Project description:The naked mole-rat (NMR; Heterocephalus glaber) has recently gained considerable attention in the scientific community for its unique potential to unveil novel insights in the fields of medicine, biochemistry, and evolution. NMRs exhibit unique adaptations that include protracted fertility, cancer resistance, eusociality, and anoxia. This suite of adaptations is not found in other rodent species, suggesting that interrogating conserved and accelerated regions in the NMR genome will find regions of the NMR genome fundamental to their unique adaptations. However, the current NMR genome assembly has limits that make studying structural variations, heterozygosity, and non-coding adaptations challenging. We present a complete diploid naked-mole rat genome assembly by integrating long-read and 10X-linked read genome sequencing of a male NMR and its parents, and Hi-C sequencing in the NMR hypothalamus (N=2). Reads were identified as maternal, paternal or ambiguous (TrioCanu). We then polished genomes with Flye, Racon and Medaka. Assemblies were then scaffolded using the following tools in order: Scaff10X, Salsa2, 3d-DNA, Minimap2-alignment between assemblies, and the Juicebox Assembly Tools. We then subjected the assemblies to another round of polishing, including short-read polishing with Freebayes.

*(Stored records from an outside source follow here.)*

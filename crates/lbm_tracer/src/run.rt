//! A run of a flow with its tracer.

ghost use Rattle.std.specs.Prelude.{◌≡◌, ◌≤◌, IsNone, false, true};
ghost use Rattle.lbm_model.specs.Limits.{most_steps};
ghost use Rattle.lbm_tracer.specs.Carried.{carried};
ghost use Rattle.lbm_tracer.specs.Running.{IsLastTest, TracerGives, ended_by};

use crate::Tracer;
use lbm_lattice::Pattern;
use lbm_model::{Gate, Lattice, StepEnd};
use std::alloc::Allocator;
use std::marker::Sync;
use std::thread::Threads;

/// Why a run has ended before its last step.
#[derive(Clone, Copy, Debug, PartialEq, Eq)]
pub enum TraceEnd {
    /// This is the least step at which the flow has a cell out of limits, and the least such cell.
    Range { step: u64, cell: u32 },
    /// This is the least step at which the tracer has a cell out of limits, and the least such cell.
    TracerRange { step: u64, cell: u32 },
    /// A step of the flow wanted memory.
    Memory,
}

impl TraceEnd {
    // How a step of the flow at this time ends the run.
    fn at(step: u64, end: StepEnd) -> TraceEnd
        ensures { result ≡ ended_by step end }
    {
        match end {
            StepEnd::Range(cell) => TraceEnd::Range { step, cell },
            StepEnd::Memory => TraceEnd::Memory,
        }
    }
}

/// Steps a flow and its tracer until their time is `steps`, which is at most 1,000,000, and tests the states that they then stand
/// for. Both are of one space and at one time, which is at most `steps`, and neither is spent. The tracer steps by the flow's
/// state before the flow's step. The gate is entered once before each piece of a step of the flow.
///
/// The two ranges name the least step, and in it the least cell, that is out of limits, the flow being tested first; the tracer is
/// then spent. Where the flow is out of limits, the pattern is as after such a run without a tracer: spent where the step is
/// below `steps`. Where the tracer is, the pattern stands for the flow's state at that step. `Memory` comes only from a
/// pattern whose steps want memory (`WANTS_MEMORY`), and the tracer is then spent too.
pub fn run_tracer<R: Threads + Sync, G: Gate, P: Pattern<G>, A: Allocator>(
    rt: &R,
    pattern: &mut P,
    tracer: &mut Tracer<A>,
    steps: u64,
    gate: &G,
) -> Result<(), TraceEnd>
    requires unspent { IsNone (P.standing pattern.old).spent }
    requires tracer_unspent { tracer.old.spent ≡ false }
    requires space { (P.standing pattern.old).case.torus ≡ tracer.old.torus }
    requires time { (P.standing pattern.old).time ≡ tracer.old.time }
    requires ahead { (P.standing pattern.old).time ≤ steps }
    requires few { steps ≤ most_steps }
    ensures { TracerGives P.WANTS_MEMORY (P.standing pattern.old) (P.standing pattern.new) (carried tracer.old) (carried tracer.new) steps result }
{
    for step in pattern.time()..steps {
        if let Some(cell) = tracer.follow(pattern) {
            tracer.spend();
            return Err(TraceEnd::TracerRange { step, cell });
        }
        if let Err(end) = pattern.step(rt, gate) {
            tracer.spend();
            return Err(TraceEnd::at(step, end));
        }
    }
    last_test(pattern, tracer, steps)
}

// Whether the states at the last step are in limits. If not, the tracer is spent.
fn last_test<P: Lattice, A: Allocator>(
    pattern: &P,
    tracer: &mut Tracer<A>,
    step: u64,
) -> Result<(), TraceEnd>
    requires unspent { IsNone (P.standing pattern.now).spent }
    requires tracer_unspent { tracer.old.spent ≡ false }
    requires space { (P.standing pattern.now).case.torus ≡ tracer.old.torus }
    ensures { IsLastTest (P.standing pattern.now) (carried tracer.old) (carried tracer.new) step result }
{
    if let Some(cell) = pattern.check() {
        tracer.spend();
        return Err(TraceEnd::Range { step, cell });
    }
    if let Some(cell) = tracer.check(pattern.case()) {
        tracer.spend();
        return Err(TraceEnd::TracerRange { step, cell });
    }
    Ok(())
}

We assembled the NMR mitochondrial genome with mitoVGP. Y chromosome contigs were identified by aligning male and female 10X linked reads to the paternal genome and finding male-biased contigs not present in the maternal genome. Contigs were assembled with publicly available male NMR Fibroblast Hi-C-seq data (SRR820318). Both assemblies have their sex chromosome haplotypes merged so that both assemblies have a high-quality X and Y chromosome. Finally, assemblies were evaluated with Quast, BUSCO, and Merqury, which all reported the base-pair quality and contiguity of both assemblies as high-quality. The assembly will next be annotated by Ensembl using public RNA-seq data from multiple tissues (SRP061363). Together, this assembly will provide a high-quality resource to the NMR and comparative genomics communities.